Although there is little consensus on the optimal method of treatment, it is generally agreed that prompt recognition and treatment of sympathetic ophthalmia are crucial for preservation of vision. Lubin et al.134 reported 13 of 18 having final vision of 20/50 or better. Kilmartin et al. reported 1-year visual acuity of 20/40 or better in 12 of 16 patients treated initially with systemic corticosteroids, although 11 received additional immunosuppression.133

Prevention

As the vast majority of ocular trauma is preventable, physicians should reinforce the importance of eye protection for all occupational or recreational activities that may lead to eye injury. The primary occupational risks include metalworking and use of powered tools. Sports with a higher risk of injury included basketball, baseball, pool sports, and racquet sports.136 In a joint policy statement, the American Academy of Ophthalmology and the American Academy of Pediatrics recommend the mandatory use of protective eyewear for all young athletes with best-corrected vision worse than 20/40 in one eye or those who have undergone eye surgery.137 Various styles of goggles, face shields, face guards and masks tailored to individual sports are readily available. Sports eyewear should conform to the requirements of the American Society for Testing and Materials (ASTM), which provides standards of protection appropriate for specific sports. In the USA, the Protective Eyewear Certification Council (PECC) has begun certifying protectors that comply with the ASTM requirements. Lenses made of polycarbonate material (or CR-39, an allyl/resin plastic, for stronger prescriptions) are recommended.

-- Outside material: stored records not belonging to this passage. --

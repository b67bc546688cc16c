//! Reads rules without a tree of their pattern.

ghost use Rattle.std.specs.Prelude.{◌≡◌, ◌<◌, ◌≤◌, ◌++◌, ◌∷◌, ℕ, List, [], length, map, IfOk, OnOk, IsTrue, IsFalse};
ghost use Rattle.mp_term.specs.Signature.{Sig};
ghost use Rattle.mp_pattern.specs.RuleView.{rule_tree};
ghost use Rattle.mp_pattern.specs.View.{pattern_tree};
ghost use Rattle.mp_parser.specs.Syntax as syntax;
ghost use Rattle.mp_parser.specs.Syntax.{RuleOf};
ghost use Rattle.mp_parser.specs.declared.parser.Parser.{Parser};
ghost use Rattle.mp_parser.specs.Parsing.{ahead};
ghost use Rattle.mp_parser.specs.View.{spot_of, arrow_tree, if_tree};
ghost use Rattle.mp_build.specs.Answers.{Gives};
ghost use Rattle.mp_build.specs.WildcardView.{wildcard_view};
ghost use Rattle.mp_text.specs.Draft.{IsDraftOf};
ghost use Rattle.mp_text.specs.FileBuild.{rule_of};
ghost use Rattle.mp_text.specs.FileChecks.{rule_faults, statement_faults};
ghost use Rattle.mp_text.specs.InOrder.{IsDraftRead};
ghost use Rattle.mp_text.specs.ReadPattern.{IsWholePatternOf};
ghost use Rattle.mp_text.specs.ReadRule.{IsRuleStartRead};

use crate::heading::named;
use crate::pattern_reader::read_whole_pattern;
use crate::reader::{Draft, add_statement_name};
use crate::rule::{has_large_result, results_behind, rule_with};
use mp_build::{PatternWildcard, TextError, new_name, normal_built_pattern};
use mp_parser::arena::Arena;
use mp_parser::parser::Parser;
use mp_pattern::{MAX_RULES, Pattern, Rule};
use mp_syntax::{Condition, Expr, Word, read_rule_end};
use mp_term::Signature;
use std::alloc::Global;

/// Adds the rule whose statement comes next, its pattern in normal form, or finds its first fault. False says nothing
/// of the tokens; then none is passed, and the draft is as it was.
pub(crate) fn add_next_rule<'a>(
    alloc: Global,
    draft: &mut Draft<'a>,
    parser: &mut Parser<'a>,
    arena: &mut Arena<'a>,
) -> Result<bool, TextError>
    ensures added { IfOk result (λ b. IsTrue b → (bytes : List ℕ) → IsDraftRead bytes parser.old draft.old
        → IsDraftRead bytes parser.new draft.new) }
    ensures shorter { IfOk result (λ b. IsTrue b → length (ahead parser.new) < length (ahead parser.old)) }
    ensures kept { IfOk result (λ b. IsFalse b → (parser.new ≡ parser.old) × (draft.new ≡ draft.old)) }
{
    let mut reader = *parser;
    let Some(name) = named(&mut reader, b"rule") else {
        return Ok(false);
    };
    let Some((pattern, wildcards)) = read_whole_pattern(alloc, &draft.file.sig, &mut reader)? else {
        return Ok(false);
    };
    *parser = reader;
    add_begun_rule(alloc, draft, parser, arena, name, pattern, &wildcards)?;
    Ok(true)
}

// Adds the rule of this name and of this pattern, which is put in normal form, or finds its first fault. What stands
// behind the pattern comes next.
fn add_begun_rule<'a>(
    alloc: Global,
    draft: &mut Draft<'a>,
    parser: &mut Parser<'a>,
    arena: &mut Arena<'a>,
    name: Word<'a>,
    pattern: Pattern,
    wildcards: &[PatternWildcard<'a>],
) -> Result<(), TextError>
    requires { (e : syntax.Tree) × IsWholePatternOf draft.old.file.sig e (pattern_tree pattern)
        (map wildcard_view wildcards.now) }
    ensures added { IfOk result (λ _. (bytes : List ℕ) (p : Parser) (e : syntax.Tree) → IsDraftRead bytes p draft.old
        → IsWholePatternOf draft.old.file.sig e (pattern_tree pattern) (map wildcard_view wildcards.now)
        → IsRuleStartRead (spot_of name.entry) e (ahead p) (ahead parser.old)
        → IsDraftRead bytes parser.new draft.new) }
    ensures shorter { OnOk result (length (ahead parser.new) ≤ length (ahead parser.old)) }
{
    let (template, condition) = read_rule_end(parser, arena)?;
    add_built_rule(
        alloc, draft, name, pattern, wildcards, &template, &condition,
    )
}

// A rule of this pattern, which is put in normal form, with its template as it is written, or its first fault behind
// its name, where these are the wildcards of the pattern.
fn built_rule<'a>(
    alloc: Global,
    sig: &Signature,
    name: Word<'_>,
    pattern: Pattern,
    wildcards: &[PatternWildcard<'a>],
    template: &Option<&Expr<'a>>,
    condition: &Option<Condition<'_>>,
) -> Result<Rule, TextError>
    requires { (e : syntax.Tree) × IsWholePatternOf sig.now e (pattern_tree pattern) (map wildcard_view wildcards.now) }
    ensures { (e : syntax.Tree) → IsWholePatternOf sig.now e (pattern_tree pattern) (map wildcard_view wildcards.now)
        → Gives result (rule_faults sig.now e (arrow_tree template.now) (if_tree condition.now))
        (λ r. rule_tree r ≡ rule_of sig.now (spot_of name.entry) e (arrow_tree template.now) (if_tree condition.now)) }
{
    let name = new_name(alloc, name)?;
    let pattern = normal_built_pattern(alloc, sig, pattern)?;
    let results = results_behind(alloc, sig, wildcards, template, condition)?;
    Ok(rule_with(name, pattern, results))
}

// Adds a rule of this pattern, which is put in normal form, or finds its first fault.
fn add_built_rule<'a>(
    alloc: Global,
    draft: &mut Draft<'a>,
    name: Word<'a>,
    pattern: Pattern,
    wildcards: &[PatternWildcard<'a>],
    template: &Option<&Expr<'a>>,
    condition: &Option<Condition<'_>>,
) -> Result<(), TextError>
    requires { (e : syntax.Tree) × IsWholePatternOf draft.old.file.sig e (pattern_tree pattern)
        (map wildcard_view wildcards.now) }
    ensures { (sig : Sig) (earlier : List syntax.Statement) (e : syntax.Tree) → IsDraftOf sig earlier draft.old
        → IsWholePatternOf sig e (pattern_tree pattern) (map wildcard_view wildcards.now)
        → Gives result
        (statement_faults sig earlier
        (RuleOf (spot_of name.entry) e (arrow_tree template.now) (if_tree condition.now)))
        (λ _. IsDraftOf sig
        (earlier ++ RuleOf (spot_of name.entry) e (arrow_tree template.now) (if_tree condition.now) ∷ [])
        draft.new) }
{
    let is_large = has_large_result(template, condition);
    add_statement_name(&mut draft.rule_names, name, MAX_RULES, is_large)?;
    let rule = built_rule(
        alloc,
        &draft.file.sig,
        name,
        pattern,
        wildcards,
        template,
        condition,
    )?;
    draft.file.rules.push(rule)?;
    Ok(())
}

Legislation in a given country has a major impact on the incidence of serious eye injuries caused by a particular object. For example, firearms and BB guns are responsible for a very high rate of injury (12% in the United States Eye Injury Registry), whereas the rate is less where their use is illegal (<1% in the Hungarian Registry). Another typical example is fireworks, a major source of injury if legalized: in the Eye Injury Registry of Alabama, fireworks are responsible for 4.4% of all serious eye injuries; in Hungary, where fireworks are illegal for individual use, the rate is 0.1%.138 Thus, legislation directed at regulation of behaviors or restriction of items known to be associated with ocular injury may reduce incidence and severity of ocular trauma.